## What to work on
Look for the word "more" in the entries and copy each line where it appears.

## Exercise material
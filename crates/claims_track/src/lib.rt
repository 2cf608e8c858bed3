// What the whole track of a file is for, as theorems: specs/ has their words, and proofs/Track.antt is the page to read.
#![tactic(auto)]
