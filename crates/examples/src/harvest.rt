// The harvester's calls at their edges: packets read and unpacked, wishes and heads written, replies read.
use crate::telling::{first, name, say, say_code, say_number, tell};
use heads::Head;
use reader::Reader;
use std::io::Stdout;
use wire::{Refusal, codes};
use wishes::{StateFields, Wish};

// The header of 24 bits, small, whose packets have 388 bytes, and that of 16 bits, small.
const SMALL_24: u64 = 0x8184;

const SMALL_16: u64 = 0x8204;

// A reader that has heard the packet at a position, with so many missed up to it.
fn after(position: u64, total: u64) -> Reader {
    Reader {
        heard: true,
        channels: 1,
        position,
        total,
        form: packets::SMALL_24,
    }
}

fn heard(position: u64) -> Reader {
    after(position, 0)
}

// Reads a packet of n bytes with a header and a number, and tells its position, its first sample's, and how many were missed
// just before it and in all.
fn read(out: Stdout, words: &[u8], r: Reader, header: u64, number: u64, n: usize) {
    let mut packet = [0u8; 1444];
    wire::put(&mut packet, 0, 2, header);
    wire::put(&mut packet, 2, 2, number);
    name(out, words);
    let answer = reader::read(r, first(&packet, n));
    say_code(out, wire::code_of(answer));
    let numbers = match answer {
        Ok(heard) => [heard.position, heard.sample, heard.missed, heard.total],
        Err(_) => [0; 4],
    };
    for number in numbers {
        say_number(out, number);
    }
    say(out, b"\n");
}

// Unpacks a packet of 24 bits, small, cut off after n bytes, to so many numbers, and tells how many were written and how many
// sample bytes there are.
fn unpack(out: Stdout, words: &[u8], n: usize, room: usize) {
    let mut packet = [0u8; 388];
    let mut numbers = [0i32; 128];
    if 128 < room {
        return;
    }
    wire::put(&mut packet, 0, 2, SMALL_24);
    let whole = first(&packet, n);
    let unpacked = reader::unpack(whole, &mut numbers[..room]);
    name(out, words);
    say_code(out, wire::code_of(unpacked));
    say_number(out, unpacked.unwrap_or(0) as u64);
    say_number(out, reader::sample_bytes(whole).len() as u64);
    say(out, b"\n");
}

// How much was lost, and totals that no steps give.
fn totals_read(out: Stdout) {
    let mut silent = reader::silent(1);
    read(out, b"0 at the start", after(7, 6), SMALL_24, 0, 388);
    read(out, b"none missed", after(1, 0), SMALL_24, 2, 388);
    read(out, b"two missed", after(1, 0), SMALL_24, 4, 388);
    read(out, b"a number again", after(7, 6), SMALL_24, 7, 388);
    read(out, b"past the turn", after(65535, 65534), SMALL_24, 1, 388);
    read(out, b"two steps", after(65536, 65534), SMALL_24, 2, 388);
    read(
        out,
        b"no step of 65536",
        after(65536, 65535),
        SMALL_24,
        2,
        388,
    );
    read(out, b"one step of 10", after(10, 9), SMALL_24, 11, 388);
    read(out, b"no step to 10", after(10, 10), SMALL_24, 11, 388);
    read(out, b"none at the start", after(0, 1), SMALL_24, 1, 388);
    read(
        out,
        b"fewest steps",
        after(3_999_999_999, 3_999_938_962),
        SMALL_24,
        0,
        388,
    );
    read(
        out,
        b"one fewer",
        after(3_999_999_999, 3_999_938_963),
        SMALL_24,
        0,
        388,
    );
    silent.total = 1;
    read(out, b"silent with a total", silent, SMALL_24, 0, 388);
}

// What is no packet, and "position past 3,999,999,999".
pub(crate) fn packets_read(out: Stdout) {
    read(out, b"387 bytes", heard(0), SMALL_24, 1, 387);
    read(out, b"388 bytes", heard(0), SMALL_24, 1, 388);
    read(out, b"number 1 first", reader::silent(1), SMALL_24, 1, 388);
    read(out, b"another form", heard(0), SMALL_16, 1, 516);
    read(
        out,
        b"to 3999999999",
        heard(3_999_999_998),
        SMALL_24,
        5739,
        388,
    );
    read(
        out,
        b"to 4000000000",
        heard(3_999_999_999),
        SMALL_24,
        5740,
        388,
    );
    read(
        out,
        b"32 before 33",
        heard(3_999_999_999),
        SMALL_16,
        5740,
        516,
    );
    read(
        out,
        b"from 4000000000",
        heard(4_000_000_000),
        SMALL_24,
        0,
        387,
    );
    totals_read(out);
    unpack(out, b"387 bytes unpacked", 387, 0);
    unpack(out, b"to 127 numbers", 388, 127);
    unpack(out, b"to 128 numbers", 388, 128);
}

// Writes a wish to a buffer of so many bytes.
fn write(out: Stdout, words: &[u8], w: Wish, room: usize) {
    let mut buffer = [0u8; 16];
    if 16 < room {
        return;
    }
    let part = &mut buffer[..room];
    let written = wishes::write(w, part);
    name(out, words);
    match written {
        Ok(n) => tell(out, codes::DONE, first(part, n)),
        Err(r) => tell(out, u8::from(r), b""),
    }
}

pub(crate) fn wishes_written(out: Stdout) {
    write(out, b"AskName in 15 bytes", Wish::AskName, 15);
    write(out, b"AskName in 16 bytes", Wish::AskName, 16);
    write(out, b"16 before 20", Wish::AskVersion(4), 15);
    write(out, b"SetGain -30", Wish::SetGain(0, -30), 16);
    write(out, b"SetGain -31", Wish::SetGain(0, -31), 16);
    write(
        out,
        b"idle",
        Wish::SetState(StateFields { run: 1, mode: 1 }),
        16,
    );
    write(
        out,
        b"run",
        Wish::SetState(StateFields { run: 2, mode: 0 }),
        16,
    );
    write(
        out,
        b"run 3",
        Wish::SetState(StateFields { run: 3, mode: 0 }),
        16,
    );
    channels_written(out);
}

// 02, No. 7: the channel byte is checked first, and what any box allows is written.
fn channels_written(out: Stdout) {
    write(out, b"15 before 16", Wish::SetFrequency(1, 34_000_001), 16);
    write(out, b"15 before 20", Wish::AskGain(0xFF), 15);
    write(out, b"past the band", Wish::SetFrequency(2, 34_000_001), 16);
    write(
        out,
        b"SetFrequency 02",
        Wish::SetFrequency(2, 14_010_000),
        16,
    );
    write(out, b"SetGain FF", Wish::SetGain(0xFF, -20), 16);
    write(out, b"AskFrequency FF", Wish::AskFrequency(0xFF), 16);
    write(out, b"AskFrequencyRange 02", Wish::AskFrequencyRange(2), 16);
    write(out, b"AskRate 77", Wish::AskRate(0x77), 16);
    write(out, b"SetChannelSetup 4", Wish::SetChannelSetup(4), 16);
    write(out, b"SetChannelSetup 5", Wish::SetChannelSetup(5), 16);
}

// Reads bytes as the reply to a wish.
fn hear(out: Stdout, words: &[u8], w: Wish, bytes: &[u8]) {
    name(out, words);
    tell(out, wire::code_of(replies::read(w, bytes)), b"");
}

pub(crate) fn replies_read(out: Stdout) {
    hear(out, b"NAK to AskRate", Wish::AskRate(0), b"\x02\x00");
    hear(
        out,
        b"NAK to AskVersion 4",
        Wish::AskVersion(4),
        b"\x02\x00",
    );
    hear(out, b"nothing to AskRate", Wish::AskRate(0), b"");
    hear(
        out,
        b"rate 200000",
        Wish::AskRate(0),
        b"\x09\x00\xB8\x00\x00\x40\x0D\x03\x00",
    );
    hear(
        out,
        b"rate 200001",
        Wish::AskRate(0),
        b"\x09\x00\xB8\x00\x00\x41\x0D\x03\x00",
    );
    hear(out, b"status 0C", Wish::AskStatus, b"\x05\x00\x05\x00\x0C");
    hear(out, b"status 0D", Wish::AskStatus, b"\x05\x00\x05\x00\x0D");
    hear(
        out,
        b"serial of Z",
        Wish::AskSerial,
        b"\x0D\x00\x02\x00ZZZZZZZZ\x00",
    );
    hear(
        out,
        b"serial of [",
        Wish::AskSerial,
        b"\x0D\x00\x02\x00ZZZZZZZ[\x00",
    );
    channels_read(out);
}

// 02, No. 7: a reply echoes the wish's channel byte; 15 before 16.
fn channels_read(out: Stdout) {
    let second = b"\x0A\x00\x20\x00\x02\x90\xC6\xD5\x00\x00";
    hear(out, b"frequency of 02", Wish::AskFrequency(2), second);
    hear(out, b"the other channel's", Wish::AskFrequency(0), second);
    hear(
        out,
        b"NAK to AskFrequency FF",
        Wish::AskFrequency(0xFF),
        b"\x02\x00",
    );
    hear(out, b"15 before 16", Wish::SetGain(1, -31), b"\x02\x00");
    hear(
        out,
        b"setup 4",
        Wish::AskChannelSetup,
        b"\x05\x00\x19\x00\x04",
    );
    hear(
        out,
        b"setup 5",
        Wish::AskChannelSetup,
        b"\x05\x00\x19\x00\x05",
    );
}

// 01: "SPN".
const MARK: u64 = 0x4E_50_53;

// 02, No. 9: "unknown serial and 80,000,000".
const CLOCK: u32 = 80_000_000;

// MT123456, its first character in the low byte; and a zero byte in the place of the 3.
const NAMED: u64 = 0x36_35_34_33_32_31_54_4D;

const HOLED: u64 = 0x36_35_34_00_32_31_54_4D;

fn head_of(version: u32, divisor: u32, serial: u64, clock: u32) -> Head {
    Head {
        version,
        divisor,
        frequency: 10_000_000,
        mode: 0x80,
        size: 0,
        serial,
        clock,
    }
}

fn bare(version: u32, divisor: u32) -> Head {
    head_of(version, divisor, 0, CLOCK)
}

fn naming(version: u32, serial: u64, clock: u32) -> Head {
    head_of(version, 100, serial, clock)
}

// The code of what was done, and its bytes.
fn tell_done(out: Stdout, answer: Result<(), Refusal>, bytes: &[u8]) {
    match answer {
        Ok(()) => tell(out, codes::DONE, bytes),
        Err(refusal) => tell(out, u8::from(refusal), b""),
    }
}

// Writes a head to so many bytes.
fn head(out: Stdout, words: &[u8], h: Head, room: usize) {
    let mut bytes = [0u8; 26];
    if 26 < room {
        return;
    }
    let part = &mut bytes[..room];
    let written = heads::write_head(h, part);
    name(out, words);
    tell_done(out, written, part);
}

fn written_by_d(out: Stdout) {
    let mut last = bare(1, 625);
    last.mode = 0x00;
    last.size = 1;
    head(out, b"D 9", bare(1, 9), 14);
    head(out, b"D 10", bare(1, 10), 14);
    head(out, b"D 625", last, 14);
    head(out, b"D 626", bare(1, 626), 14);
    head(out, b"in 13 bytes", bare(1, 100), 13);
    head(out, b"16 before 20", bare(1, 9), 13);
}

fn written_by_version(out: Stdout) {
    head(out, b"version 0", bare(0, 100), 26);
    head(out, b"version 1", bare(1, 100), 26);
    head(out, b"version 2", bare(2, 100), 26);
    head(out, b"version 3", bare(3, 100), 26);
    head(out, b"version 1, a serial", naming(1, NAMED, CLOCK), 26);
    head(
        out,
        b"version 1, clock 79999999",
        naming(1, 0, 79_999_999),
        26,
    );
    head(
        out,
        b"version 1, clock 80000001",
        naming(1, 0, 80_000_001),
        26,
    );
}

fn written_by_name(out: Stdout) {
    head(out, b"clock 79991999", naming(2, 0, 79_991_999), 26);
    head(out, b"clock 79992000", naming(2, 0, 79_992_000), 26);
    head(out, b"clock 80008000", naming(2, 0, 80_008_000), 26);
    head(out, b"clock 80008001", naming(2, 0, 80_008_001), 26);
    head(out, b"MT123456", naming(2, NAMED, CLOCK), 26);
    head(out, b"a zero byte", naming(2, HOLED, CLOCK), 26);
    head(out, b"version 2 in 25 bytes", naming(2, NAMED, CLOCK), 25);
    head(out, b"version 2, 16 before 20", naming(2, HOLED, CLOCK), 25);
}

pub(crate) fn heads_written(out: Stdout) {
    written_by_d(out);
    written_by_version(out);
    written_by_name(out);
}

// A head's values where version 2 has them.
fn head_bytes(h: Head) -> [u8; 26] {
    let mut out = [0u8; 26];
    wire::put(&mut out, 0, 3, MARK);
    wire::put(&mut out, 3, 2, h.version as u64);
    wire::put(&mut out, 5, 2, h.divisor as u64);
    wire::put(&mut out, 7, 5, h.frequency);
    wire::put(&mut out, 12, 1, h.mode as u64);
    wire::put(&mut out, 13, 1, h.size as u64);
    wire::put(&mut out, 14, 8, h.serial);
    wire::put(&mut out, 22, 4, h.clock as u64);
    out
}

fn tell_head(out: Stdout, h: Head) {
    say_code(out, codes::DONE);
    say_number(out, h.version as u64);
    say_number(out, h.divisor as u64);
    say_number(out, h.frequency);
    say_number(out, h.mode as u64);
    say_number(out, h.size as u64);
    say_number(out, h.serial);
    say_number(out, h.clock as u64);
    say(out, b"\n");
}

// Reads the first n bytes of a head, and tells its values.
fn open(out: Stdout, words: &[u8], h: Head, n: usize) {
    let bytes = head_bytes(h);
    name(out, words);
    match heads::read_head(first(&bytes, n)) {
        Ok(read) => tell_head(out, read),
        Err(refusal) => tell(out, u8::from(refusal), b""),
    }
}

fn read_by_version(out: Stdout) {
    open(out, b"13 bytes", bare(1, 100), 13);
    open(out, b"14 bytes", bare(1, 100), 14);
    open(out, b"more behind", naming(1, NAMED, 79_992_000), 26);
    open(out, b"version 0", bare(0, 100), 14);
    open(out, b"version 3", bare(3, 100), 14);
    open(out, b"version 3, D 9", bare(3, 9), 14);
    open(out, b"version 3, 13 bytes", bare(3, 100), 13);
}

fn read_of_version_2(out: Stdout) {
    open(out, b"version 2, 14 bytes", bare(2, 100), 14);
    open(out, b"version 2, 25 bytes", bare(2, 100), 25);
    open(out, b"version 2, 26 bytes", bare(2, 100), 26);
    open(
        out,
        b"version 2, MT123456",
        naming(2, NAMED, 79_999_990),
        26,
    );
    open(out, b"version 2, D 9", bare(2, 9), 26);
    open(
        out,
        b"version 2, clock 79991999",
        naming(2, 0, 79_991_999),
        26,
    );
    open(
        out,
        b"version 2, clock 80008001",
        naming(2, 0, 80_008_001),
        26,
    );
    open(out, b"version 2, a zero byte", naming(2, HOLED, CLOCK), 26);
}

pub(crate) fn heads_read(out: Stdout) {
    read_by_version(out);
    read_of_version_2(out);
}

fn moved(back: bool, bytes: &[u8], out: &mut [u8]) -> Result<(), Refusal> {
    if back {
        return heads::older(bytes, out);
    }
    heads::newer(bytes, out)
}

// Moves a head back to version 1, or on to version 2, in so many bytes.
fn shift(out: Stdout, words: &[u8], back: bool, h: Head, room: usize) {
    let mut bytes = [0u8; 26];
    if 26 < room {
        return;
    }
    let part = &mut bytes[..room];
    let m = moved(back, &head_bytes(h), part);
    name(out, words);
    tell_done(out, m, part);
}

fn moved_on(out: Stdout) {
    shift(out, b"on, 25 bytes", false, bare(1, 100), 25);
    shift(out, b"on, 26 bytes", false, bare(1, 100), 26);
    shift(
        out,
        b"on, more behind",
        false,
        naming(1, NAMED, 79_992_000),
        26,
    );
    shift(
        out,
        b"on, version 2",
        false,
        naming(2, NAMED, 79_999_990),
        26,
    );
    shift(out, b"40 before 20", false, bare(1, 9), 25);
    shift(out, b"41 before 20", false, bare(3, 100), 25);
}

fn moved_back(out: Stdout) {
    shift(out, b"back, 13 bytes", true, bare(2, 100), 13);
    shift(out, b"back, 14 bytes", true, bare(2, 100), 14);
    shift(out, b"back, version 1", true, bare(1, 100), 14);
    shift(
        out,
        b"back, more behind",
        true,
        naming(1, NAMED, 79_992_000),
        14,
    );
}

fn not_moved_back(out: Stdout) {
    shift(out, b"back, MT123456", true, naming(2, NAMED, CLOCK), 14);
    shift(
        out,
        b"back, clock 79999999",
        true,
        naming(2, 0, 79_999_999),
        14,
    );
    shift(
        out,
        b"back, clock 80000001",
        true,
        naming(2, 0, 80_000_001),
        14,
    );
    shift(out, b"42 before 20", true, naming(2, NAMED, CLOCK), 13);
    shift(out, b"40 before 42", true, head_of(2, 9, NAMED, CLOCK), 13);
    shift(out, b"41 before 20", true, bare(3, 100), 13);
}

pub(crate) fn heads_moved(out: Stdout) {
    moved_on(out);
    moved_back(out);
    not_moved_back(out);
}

---

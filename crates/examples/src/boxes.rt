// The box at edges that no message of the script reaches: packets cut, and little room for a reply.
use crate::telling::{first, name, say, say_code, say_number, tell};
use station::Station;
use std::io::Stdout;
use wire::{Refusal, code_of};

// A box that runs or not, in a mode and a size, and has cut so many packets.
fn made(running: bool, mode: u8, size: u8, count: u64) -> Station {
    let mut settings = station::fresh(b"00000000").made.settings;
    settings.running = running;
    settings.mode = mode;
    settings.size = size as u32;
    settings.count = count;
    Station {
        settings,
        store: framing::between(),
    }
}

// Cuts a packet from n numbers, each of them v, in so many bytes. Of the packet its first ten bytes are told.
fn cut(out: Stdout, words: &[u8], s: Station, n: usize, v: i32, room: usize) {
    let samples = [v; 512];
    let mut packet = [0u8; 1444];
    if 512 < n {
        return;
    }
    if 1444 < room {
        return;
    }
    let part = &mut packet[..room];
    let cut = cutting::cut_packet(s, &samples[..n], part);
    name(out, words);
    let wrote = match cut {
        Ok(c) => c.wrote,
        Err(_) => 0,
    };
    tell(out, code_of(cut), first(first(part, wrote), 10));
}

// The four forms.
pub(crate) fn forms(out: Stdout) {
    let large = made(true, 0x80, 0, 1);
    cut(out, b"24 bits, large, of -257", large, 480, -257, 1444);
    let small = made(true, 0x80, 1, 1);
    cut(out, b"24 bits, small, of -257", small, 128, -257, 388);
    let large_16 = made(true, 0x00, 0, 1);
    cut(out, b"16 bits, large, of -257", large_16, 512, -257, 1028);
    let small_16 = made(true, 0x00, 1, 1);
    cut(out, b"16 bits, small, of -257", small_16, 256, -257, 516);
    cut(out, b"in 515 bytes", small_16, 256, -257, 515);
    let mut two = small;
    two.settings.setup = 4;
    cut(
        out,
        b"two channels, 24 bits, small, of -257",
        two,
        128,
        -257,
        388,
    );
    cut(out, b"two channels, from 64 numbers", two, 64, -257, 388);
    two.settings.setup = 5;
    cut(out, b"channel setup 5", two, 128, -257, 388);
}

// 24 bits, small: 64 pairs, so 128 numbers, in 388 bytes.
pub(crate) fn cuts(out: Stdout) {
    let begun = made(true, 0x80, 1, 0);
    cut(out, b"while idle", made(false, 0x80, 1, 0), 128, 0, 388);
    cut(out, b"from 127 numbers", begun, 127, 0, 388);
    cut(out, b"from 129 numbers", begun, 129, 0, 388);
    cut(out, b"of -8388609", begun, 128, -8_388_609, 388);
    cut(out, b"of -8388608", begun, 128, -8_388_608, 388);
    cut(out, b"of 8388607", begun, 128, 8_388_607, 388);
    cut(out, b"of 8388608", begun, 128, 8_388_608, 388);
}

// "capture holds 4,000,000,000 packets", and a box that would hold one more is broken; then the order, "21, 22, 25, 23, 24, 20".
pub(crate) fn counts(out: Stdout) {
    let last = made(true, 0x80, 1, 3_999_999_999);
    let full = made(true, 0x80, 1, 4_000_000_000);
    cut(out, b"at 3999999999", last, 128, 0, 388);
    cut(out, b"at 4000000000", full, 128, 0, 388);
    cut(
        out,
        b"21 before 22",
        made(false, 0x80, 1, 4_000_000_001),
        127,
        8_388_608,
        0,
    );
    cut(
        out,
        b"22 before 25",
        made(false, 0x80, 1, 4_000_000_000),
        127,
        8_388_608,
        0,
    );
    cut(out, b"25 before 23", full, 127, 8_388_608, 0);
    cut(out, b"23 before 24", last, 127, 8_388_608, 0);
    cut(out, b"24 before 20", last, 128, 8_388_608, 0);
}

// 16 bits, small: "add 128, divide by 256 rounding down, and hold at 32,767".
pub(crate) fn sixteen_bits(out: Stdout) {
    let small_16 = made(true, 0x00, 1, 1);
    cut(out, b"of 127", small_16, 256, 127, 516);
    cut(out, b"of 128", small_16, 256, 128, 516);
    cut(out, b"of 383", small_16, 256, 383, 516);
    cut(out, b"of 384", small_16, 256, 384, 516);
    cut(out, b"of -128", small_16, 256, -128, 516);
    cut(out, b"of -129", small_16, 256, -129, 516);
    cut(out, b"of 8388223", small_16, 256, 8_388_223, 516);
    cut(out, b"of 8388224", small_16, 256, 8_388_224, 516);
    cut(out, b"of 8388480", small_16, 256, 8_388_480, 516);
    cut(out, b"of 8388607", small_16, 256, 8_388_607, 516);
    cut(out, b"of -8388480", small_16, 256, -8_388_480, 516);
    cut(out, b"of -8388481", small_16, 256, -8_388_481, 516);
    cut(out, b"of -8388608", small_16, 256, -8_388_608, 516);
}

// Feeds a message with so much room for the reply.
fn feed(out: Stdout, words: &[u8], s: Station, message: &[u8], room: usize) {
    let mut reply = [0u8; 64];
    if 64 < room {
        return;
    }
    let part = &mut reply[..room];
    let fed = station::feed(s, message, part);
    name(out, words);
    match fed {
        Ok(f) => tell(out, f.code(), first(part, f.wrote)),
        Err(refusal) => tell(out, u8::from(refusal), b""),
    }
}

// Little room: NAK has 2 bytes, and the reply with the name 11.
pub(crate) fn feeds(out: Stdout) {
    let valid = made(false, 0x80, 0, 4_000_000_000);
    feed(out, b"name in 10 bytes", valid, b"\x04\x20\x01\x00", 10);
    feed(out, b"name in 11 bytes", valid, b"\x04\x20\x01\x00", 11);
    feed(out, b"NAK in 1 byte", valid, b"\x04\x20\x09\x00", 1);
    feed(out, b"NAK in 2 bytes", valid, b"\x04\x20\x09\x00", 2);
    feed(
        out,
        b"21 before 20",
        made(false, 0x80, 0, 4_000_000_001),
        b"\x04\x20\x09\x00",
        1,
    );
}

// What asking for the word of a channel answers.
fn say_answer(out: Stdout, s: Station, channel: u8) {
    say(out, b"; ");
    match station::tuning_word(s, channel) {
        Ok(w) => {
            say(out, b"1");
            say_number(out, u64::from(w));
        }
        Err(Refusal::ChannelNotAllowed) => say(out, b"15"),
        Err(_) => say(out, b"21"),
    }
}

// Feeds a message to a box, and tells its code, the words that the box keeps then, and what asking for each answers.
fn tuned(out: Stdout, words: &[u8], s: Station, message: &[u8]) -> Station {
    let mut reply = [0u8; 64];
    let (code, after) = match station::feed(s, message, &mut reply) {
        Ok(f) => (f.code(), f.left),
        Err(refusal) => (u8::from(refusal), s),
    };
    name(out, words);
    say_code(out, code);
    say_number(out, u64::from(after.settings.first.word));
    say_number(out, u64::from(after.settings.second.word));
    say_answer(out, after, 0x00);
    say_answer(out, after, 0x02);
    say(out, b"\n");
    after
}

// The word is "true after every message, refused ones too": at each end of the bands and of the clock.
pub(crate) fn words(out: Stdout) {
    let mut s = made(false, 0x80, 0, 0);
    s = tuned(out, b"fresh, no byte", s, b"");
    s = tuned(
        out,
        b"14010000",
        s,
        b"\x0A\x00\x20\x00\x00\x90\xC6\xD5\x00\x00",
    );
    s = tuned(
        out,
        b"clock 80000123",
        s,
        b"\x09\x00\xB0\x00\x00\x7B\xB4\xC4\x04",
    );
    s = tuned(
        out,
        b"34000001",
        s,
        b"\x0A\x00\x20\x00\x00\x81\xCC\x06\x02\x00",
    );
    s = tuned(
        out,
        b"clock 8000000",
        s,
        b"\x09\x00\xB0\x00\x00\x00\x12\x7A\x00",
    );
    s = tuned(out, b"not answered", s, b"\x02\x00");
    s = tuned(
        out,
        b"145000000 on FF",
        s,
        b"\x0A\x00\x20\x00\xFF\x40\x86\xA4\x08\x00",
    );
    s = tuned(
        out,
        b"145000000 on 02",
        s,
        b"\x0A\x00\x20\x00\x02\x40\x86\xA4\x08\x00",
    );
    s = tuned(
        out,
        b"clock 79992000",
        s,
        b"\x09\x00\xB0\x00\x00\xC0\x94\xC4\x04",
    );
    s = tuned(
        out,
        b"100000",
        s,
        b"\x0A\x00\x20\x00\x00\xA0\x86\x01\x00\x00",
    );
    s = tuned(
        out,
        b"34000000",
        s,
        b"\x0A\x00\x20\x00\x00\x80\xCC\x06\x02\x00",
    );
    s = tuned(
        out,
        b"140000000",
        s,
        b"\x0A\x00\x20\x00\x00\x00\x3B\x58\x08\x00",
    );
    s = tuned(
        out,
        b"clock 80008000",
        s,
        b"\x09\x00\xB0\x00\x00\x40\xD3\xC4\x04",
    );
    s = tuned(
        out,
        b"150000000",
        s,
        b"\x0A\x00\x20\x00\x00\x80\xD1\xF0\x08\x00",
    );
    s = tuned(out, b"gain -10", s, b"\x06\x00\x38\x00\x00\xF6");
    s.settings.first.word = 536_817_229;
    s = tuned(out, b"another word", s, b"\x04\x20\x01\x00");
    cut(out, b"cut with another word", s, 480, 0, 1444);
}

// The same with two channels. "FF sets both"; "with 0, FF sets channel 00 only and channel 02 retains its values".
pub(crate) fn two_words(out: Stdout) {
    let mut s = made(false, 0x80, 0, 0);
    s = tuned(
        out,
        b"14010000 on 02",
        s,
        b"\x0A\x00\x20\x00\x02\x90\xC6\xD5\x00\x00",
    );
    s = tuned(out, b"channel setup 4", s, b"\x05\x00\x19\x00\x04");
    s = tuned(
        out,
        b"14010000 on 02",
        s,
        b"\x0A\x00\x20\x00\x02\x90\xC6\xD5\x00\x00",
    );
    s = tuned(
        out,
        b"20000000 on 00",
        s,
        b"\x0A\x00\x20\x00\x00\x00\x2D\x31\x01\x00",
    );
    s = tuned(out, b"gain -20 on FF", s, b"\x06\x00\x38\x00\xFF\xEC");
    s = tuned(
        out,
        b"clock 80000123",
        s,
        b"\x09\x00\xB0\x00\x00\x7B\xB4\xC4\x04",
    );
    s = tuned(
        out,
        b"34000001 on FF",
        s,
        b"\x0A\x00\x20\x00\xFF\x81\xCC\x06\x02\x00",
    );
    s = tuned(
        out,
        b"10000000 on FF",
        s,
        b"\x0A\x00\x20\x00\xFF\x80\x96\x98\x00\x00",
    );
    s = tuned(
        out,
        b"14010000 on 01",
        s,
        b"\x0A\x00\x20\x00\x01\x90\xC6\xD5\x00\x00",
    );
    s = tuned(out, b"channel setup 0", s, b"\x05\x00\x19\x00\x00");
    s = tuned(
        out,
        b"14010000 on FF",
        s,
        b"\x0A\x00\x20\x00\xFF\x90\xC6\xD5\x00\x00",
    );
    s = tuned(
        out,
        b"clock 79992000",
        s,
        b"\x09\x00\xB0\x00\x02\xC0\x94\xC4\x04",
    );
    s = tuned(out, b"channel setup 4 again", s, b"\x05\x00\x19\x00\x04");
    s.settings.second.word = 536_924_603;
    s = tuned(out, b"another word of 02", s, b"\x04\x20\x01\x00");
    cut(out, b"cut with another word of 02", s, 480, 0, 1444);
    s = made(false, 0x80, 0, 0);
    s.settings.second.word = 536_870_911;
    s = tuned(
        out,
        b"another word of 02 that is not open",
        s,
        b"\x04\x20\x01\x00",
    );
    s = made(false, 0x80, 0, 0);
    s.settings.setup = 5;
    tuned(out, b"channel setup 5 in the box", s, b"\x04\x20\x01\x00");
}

## Answer box
    open(out, b"more behind", naming(1, NAMED, 79_992_000), 26);
        b"on, more behind",
        b"back, more behind",
// "capture holds 4,000,000,000 packets", and a box that would hold one more is broken; then the order, "21, 22, 25, 23, 24, 20".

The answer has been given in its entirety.